Both your horses are stunning  I would personally say that they were before too 

Jack.. well, looked like an obese dinosaur when he came to us.






Then he turned in to.. a slightly less obese dinosaur


----------



## diggerbez (13 February 2012)

emma...i don't believe that is the same pony! he looks fab!


----------



## diggerbez (13 February 2012)

jackson...is your horse HUGE or are you tiny?


----------



## vicky86 (13 February 2012)

Great thread, love seeing how they transform. Diggerbez your horse is beautiful. Emma s that jump is huge you would not have believed the pony in the first photo would have that in him 

This is Zak at rising 4  - I would say he would have been classed as a very ugly wild looking duckling. 

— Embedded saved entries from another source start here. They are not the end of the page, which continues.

//! Parts of a body: how each is written and read, alone, in a field and in a list.

ghost use Rattle.std.specs.Prelude.{◌≡◌, ◌≤◌, ◌+◌, ◌++◌, ◌∷◌, IfOk, OnOk, Some, map};
ghost use Rattle.std.specs.Option.{option_map};
ghost use Rattle.json.specs.Token.{key};
ghost use Rattle.serde_json.specs.Data.{depth};
ghost use Rattle.serde_json.specs.View.{view, items_view};
ghost use Rattle.pres_tree.specs.JsonPrinting.{tokens_of, IsPlain};
ghost use Rattle.pres_wire.specs.Fields.{field_of};
ghost use Rattle.pres_batch_json.specs.Entries.{list_json};
ghost use Rattle.pres_batch_json.specs.Reads.{all_of, list_of};

use json::Writer;
use pres_write::Items;
use serde_json::Value;
use std::alloc::{AllocError, Global};

/// A part of a body: it is written, and read again.
pub(crate) trait BodyJson: Drop {
    ghost use Rattle.std.specs.Prelude.{◌≡◌, ◌≤◌, ◌++◌, ℕ, Option, Some, IfOk, OnOk};
    ghost use Rattle.serde_json.specs.Data.{Data, depth};
    ghost use Rattle.serde_json.specs.View.{view};
    ghost use Rattle.pres_tree.specs.JsonPrinting.{tokens_of, IsPlain};

    // its JSON
    ghost json: { Self → Data };

    // the one of a JSON value
    ghost found: { Data → Option Self };

    // the one that its JSON is read as
    ghost kept: { Self → Self };

    // how many levels its JSON nests at most
    ghost levels: { ℕ };

    // Writes its JSON value, which is read again, and nests few levels. At AllocError some of it may
    // have been written.
    fn write(&self, alloc: Global, out: &mut Writer) -> Result<(), AllocError>
        ensures ok { OnOk result (out.new.tokens ≡ out.old.tokens ++ tokens_of (json self.now)) }
        ensures before { out.new.before ≡ out.old.before }
        ensures plain { OnOk result (IsPlain (json self.now)) }
        ensures reads_back { OnOk result (found (json self.now) ≡ Some (kept self.now)) }
        ensures low { OnOk result (depth (json self.now) ≤ levels) };

    // The one of a JSON value, none where it isn't the value of one.
    fn read(alloc: Global, value: &Value) -> Result<Option<Self>, AllocError>
        ensures { IfOk result (λ made. made ≡ found (view value.now)) };
}

// Writes the part under the name.
pub(crate) fn write_field<T: BodyJson>(
    alloc: Global,
    out: &mut Writer,
    name: &str,
    part: &T,
) -> Result<(), AllocError>
    ensures ok { OnOk result (out.new.tokens
        ≡ out.old.tokens ++ key name.now ∷ tokens_of (T.json part.now)) }
    ensures before { out.new.before ≡ out.old.before }
    ensures plain { OnOk result (IsPlain (T.json part.now)) }
    ensures reads_back { OnOk result (T.found (T.json part.now) ≡ Some (T.kept part.now)) }
    ensures low { OnOk result (depth (T.json part.now) ≤ T.levels) }
{
    out.key(name)?;
    part.write(alloc, out)
}

// The part under the name, none where the JSON value has none.
pub(crate) fn read_field<T: BodyJson>(
    alloc: Global,
    object: &Value,
    name: &str,
) -> Result<Option<T>, AllocError>
    ensures { IfOk result (λ found. found ≡ field_of T.found name.now (view object.now)) }
{
    match object.get(name) {
        Some(value) => T::read(alloc, value),
        None => Ok(None),
    }
}

// Writes the list of the parts.
fn write_list<T: BodyJson>(alloc: Global, out: &mut Writer, parts: &[T]) -> Result<(), AllocError>
    ensures ok { OnOk result (out.new.tokens
        ≡ out.old.tokens ++ tokens_of (list_json T.json parts.now)) }
    ensures before { out.new.before ≡ out.old.before }
    ensures plain { OnOk result (IsPlain (list_json T.json parts.now)) }
    ensures reads_back { OnOk result
        (list_of T.found (list_json T.json parts.now) ≡ Some (map T.kept parts.now)) }
    ensures low { OnOk result (depth (list_json T.json parts.now) ≤ T.levels + 1) }
{
    out.begin_array()?;
    for part in parts {
        part.write(alloc, out)?;
    }
    out.end_array()
}

// The parts that the items of a list are, none where one item isn't.
fn read_items<T: BodyJson>(alloc: Global, items: &Vec<Value>) -> Result<Option<Vec<T>>, AllocError>
    ensures { IfOk result (λ found.
        option_map (λ made. made.items) found ≡ all_of T.found (items_view items.now.items)) }
{
    let mut made = Vec::new(alloc);
    for item in items {
        let Some(part) = T::read(alloc, item)? else {
            return Ok(None);
        };
        made.push(part)?;
    }
    Ok(Some(made))
}

impl<T: BodyJson> BodyJson for Items<T> {
    ghost use Rattle.std.specs.Prelude.{◌+◌, map};
    ghost use Rattle.pres_batch_json.specs.Entries.{list_json};
    ghost use Rattle.pres_batch_json.specs.Reads.{list_of};

    ghost json = { list_json T.json };

    ghost found = { list_of T.found };

    ghost kept = { map T.kept };

    ghost levels = { T.levels + 1 };

    fn write(&self, alloc: Global, out: &mut Writer) -> Result<(), AllocError> {
        write_list(alloc, out, self.as_slice())
    }

    fn read(alloc: Global, value: &Value) -> Result<Option<Items<T>>, AllocError> {
        let Some(items) = value.as_array() else {
            return Ok(None);
        };
        match read_items(alloc, items)? {
            Some(made) => Ok(Some(Items::of(made))),
            None => Ok(None),
        }
    }
}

After a few years work he did however make it to swan (well he did in my eyes he has been a fabulous horse to me and is now 16 and will never go anywhere 














Eta - sorry for lack of hat, it is actually was a very rare occasion when I don't wear it.


----------



## Jackson (13 February 2012)

diggerbez said:



			jackson...is your horse HUGE or are you tiny? 

Click to expand...

It's an optical illusion! I'm 5ft 9 

ETA Zak is stunning.


----------



## kirstyhen (13 February 2012)

Before as a rather scruffy, green 7 year old...







After and a far more polished 14 year old...













And now as a distinguished old, scruffy gentleman...







   Although I think he is rather handsome in all his forms 

Mally's is far less dramatic as she has always been a swan!

Before as a 4.5 year old...













And now as a proper growed up 5.5 year old (officially 6 I guess!)...


----------



## Emma S (13 February 2012)

vicky86 said:



			Great thread, love seeing how they transform. Diggerbez your horse is beautiful. Emma s that jump is huge you would not have believed the pony in the first photo would have that in him 

Click to expand...

Thanks that fence is 1.20mx1.20m and my little chap only ever made 11.3hh  but he was a rig so i think that made him really gutsy! 

Your chap is a real stunner


----------



## Jackson (13 February 2012)

Oh, Kirstyhen, can your old gentleman come and live with me, pleeease?


----------



## kirstyhen (13 February 2012)

Jackson said:



			Oh, Kirstyhen, can your old gentleman come and live with me, pleeease? 

Click to expand...

He has far too much fun beating the young foals into shape here  Oh and hacking out with Mally, winding her up by jumping at nothing, then bogging off across a field with my novice Dad  Someone has regressed to say the very least


----------



## flashmans (13 February 2012)

I think my girl was definitely an ugly duckling! Two years old in this one.






Looking better now - minus the crazy mane!  Four in this one!


----------



## Dexter (14 February 2012)

I promise this is the same horse although it doesnt look like it!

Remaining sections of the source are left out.